▶ **WHAT IS REQUIRED**:
Retype every record that appears below, unchanged.

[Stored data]
........

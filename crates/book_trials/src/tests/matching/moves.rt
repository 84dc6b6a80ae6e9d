//! The last change below a limit, on examples and beside a plain list of all moves.
ghost use Rattle.std.specs.Prelude.{◌≡◌, ◌<◌, OnOk};

use super::checks::check;
use super::random::Random;
use move_history::Moves;
use std::alloc::Global;
use std::marker::Brand;
use std::process::Abort;
use std::sync::ledger::{Blank, Ledger};
use std::test::Fail;
use venue_words::{NoMemory, Steps};

/// The newest move whose value and the value before it differ once both are held at the cap.
fn plain_changed(first: u32, moves: &[(u32, u32)], cap: u32) -> u32 {
    let mut answer = 0;
    let mut before = first;
    for (event, value) in moves {
        if before.min(cap) != (*value).min(cap) {
            answer = *event;
        }
        before = *value;
    }
    answer
}

/// Pushes a move.
fn push_move<L: Ledger>(
    moves: &mut Moves,
    event: u32,
    value: u32,
    steps: &mut Steps<L>,
) -> Result<(), NoMemory>
    requires { moves.old.latest < event }
    ensures { OnOk result (moves.new.latest ≡ event) }
{
    moves.reserve()?;
    moves.push(event, value, steps);
    Ok(())
}

fn push_example<L: Ledger>(moves: &mut Moves, steps: &mut Steps<L>) -> Result<[u32; 4], NoMemory>
    requires { moves.old.latest ≡ 0 }
{
    push_move(moves, 2, 2001, steps)?;
    push_move(moves, 4, 2003, steps)?;
    let early = moves.changed(2000, steps);
    push_move(moves, 6, 1999, steps)?;
    push_move(moves, 8, 2003, steps)?;
    Ok([
        early,
        moves.changed(2000, steps),
        moves.changed(1990, steps),
        moves.changed(2002, steps),
    ])
}

fn worked_example<L: Ledger>(alloc: Global, steps: &mut Steps<L>) -> Result<[u32; 4], NoMemory> {
    let mut moves = Moves::start(alloc, 0);
    push_example(&mut moves, steps)
}

fn count_example<L: Ledger>(alloc: Global, blank: Blank) -> Result<[u32; 4], NoMemory>
    requires name { blank.name ≡ L.name }
    requires parts { blank.parts ≡ L.parts }
    requires one { blank.parts ≡ 1 }
{
    let mut steps = Steps::<L>::start(blank);
    worked_example(alloc, &mut steps)
}

/// Both answer alike below a cap.
fn compare_at<L: Ledger>(
    rt: &impl Abort,
    moves: &Moves,
    plain: &[(u32, u32)],
    cap: u32,
    steps: &mut Steps<L>,
) {
    let right = plain_changed(7, plain, cap);
    check(
        rt,
        moves.changed(cap, steps) == right,
        "the last change below a cap",
        cap,
    );
}

fn compare_many<L: Ledger>(
    rt: &impl Abort,
    alloc: Global,
    steps: &mut Steps<L>,
) -> Result<(), NoMemory> {
    let mut random = Random(11);
    let mut plain = Vec::new(alloc);
    let mut moves = Moves::start(alloc, 7);
    for event in 1..3000 {
        let value = random.below(200);
        plain.push((event, value))?;
        moves.reserve()?;
        moves.push(event, value, steps);
        compare_at(rt, &moves, plain.as_slice(), random.below(202), steps);
        check(rt, moves.current() == value, "the value", event);
    }
    for cap in 0..203 {
        compare_at(rt, &moves, plain.as_slice(), cap, steps);
    }
    Ok(())
}

fn count_many<L: Ledger>(rt: &impl Abort, alloc: Global, blank: Blank) -> Result<(), NoMemory>
    requires name { blank.name ≡ L.name }
    requires parts { blank.parts ≡ L.parts }
    requires one { blank.parts ≡ 1 }
{
    let mut steps = Steps::<L>::start(blank);
    compare_many(rt, alloc, &mut steps)
}

#[test]
fn a_dip_below_a_limit_and_back_is_a_change(rt: HostRuntime) -> Result<(), Fail> {
    let found = count_example::<Brand>(rt.alloc(), Blank::new(1))?;
    check(&rt, found == [2, 8, 2, 8], "the example", 0);
    Ok(())
}

#[test]
fn thousands_of_moves_answer_as_a_plain_list(rt: HostRuntime) -> Result<(), Fail> {
    count_many::<Brand>(&rt, rt.alloc(), Blank::new(1))?;
    Ok(())
}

........

▶ **RESPONSE**:
filename crates/book_trials/src/tests/matching/moves.rt
repository 84dc6b6a80ae6e9d
//! The last change below a limit, on examples and beside a plain list of all moves.
ghost use Rattle.std.specs.Prelude.{◌≡◌, ◌<◌, OnOk};

use super::checks::check;
use super::random::Random;
use move_history::Moves;
use std::alloc::Global;
use std::marker::Brand;
use std::process::Abort;
use std::sync::ledger::{Blank, Ledger};
use std::test::Fail;
use venue_words::{NoMemory, Steps};

/// The newest move whose value and the value before it differ once both are held at the cap.
fn plain_changed(first: u32, moves: &[(u32, u32)], cap: u32) -> u32 {
    let mut answer = 0;
    let mut before = first;
    for (event, value) in moves {
        if before.min(cap) != (*value).min(cap) {
            answer = *event;
        }
        before = *value;
    }
    answer
}

/// Pushes a move.
fn push_move<L: Ledger>(
    moves: &mut Moves,
    event: u32,
    value: u32,
    steps: &mut Steps<L>,
) -> Result<(), NoMemory>
    requires { moves.old.latest < event }
    ensures { OnOk result (moves.new.latest ≡ event) }
{
    moves.reserve()?;
    moves.push(event, value, steps);
    Ok(())
}

fn push_example<L: Ledger>(moves: &mut Moves, steps: &mut Steps<L>) -> Result<[u32; 4], NoMemory>
    requires { moves.old.latest ≡ 0 }
{
    push_move(moves, 2, 2001, steps)?;
    push_move(moves, 4, 2003, steps)?;
    let early = moves.changed(2000, steps);
    push_move(moves, 6, 1999, steps)?;
    push_move(moves, 8, 2003, steps)?;
    Ok([
        early,
        moves.changed(2000, steps),
        moves.changed(1990, steps),
        moves.changed(2002, steps),
    ])
}

fn worked_example<L: Ledger>(alloc: Global, steps: &mut Steps<L>) -> Result<[u32; 4], NoMemory> {
    let mut moves = Moves::start(alloc, 0);
    push_example(&mut moves, steps)
}

fn count_example<L: Ledger>(alloc: Global, blank: Blank) -> Result<[u32; 4], NoMemory>
    requires name { blank.name ≡ L.name }
    requires parts { blank.parts ≡ L.parts }
    requires one { blank.parts ≡ 1 }
{
    let mut steps = Steps::<L>::start(blank);
    worked_example(alloc, &mut steps)
}

/// Both answer alike below a cap.
fn compare_at<L: Ledger>(
    rt: &impl Abort,
    moves: &Moves,
    plain: &[(u32, u32)],
    cap: u32,
    steps: &mut Steps<L>,
) {
    let right = plain_changed(7, plain, cap);
    check(
        rt,
        moves.changed(cap, steps) == right,
        "the last change below a cap",
        cap,
    );
}

fn compare_many<L: Ledger>(
    rt: &impl Abort,
    alloc: Global,
    steps: &mut Steps<L>,
) -> Result<(), NoMemory> {
    let mut random = Random(11);
    let mut plain = Vec::new(alloc);
    let mut moves = Moves::start(alloc, 7);
    for event in 1..3000 {
        let value = random.below(200);
        plain.push((event, value))?;
        moves.reserve()?;
        moves.push(event, value, steps);
        compare_at(rt, &moves, plain.as_slice(), random.below(202), steps);
        check(rt, moves.current() == value, "the value", event);
    }
    for cap in 0..203 {
        compare_at(rt, &moves, plain.as_slice(), cap, steps);
    }
    Ok(())
}

fn count_many<L: Ledger>(rt: &impl Abort, alloc: Global, blank: Blank) -> Result<(), NoMemory>
    requires name { blank.name ≡ L.name }
    requires parts { blank.parts ≡ L.parts }
    requires one { blank.parts ≡ 1 }
{
    let mut steps = Steps::<L>::start(blank);
    compare_many(rt, alloc, &mut steps)
}

#[test]
fn a_dip_below_a_limit_and_back_is_a_change(rt: HostRuntime) -> Result<(), Fail> {
    let found = count_example::<Brand>(rt.alloc(), Blank::new(1))?;
    check(&rt, found == [2, 8, 2, 8], "the example", 0);
    Ok(())
}

#[test]
fn thousands_of_moves_answer_as_a_plain_list(rt: HostRuntime) -> Result<(), Fail> {
    count_many::<Brand>(&rt, rt.alloc(), Blank::new(1))?;
    Ok(())
}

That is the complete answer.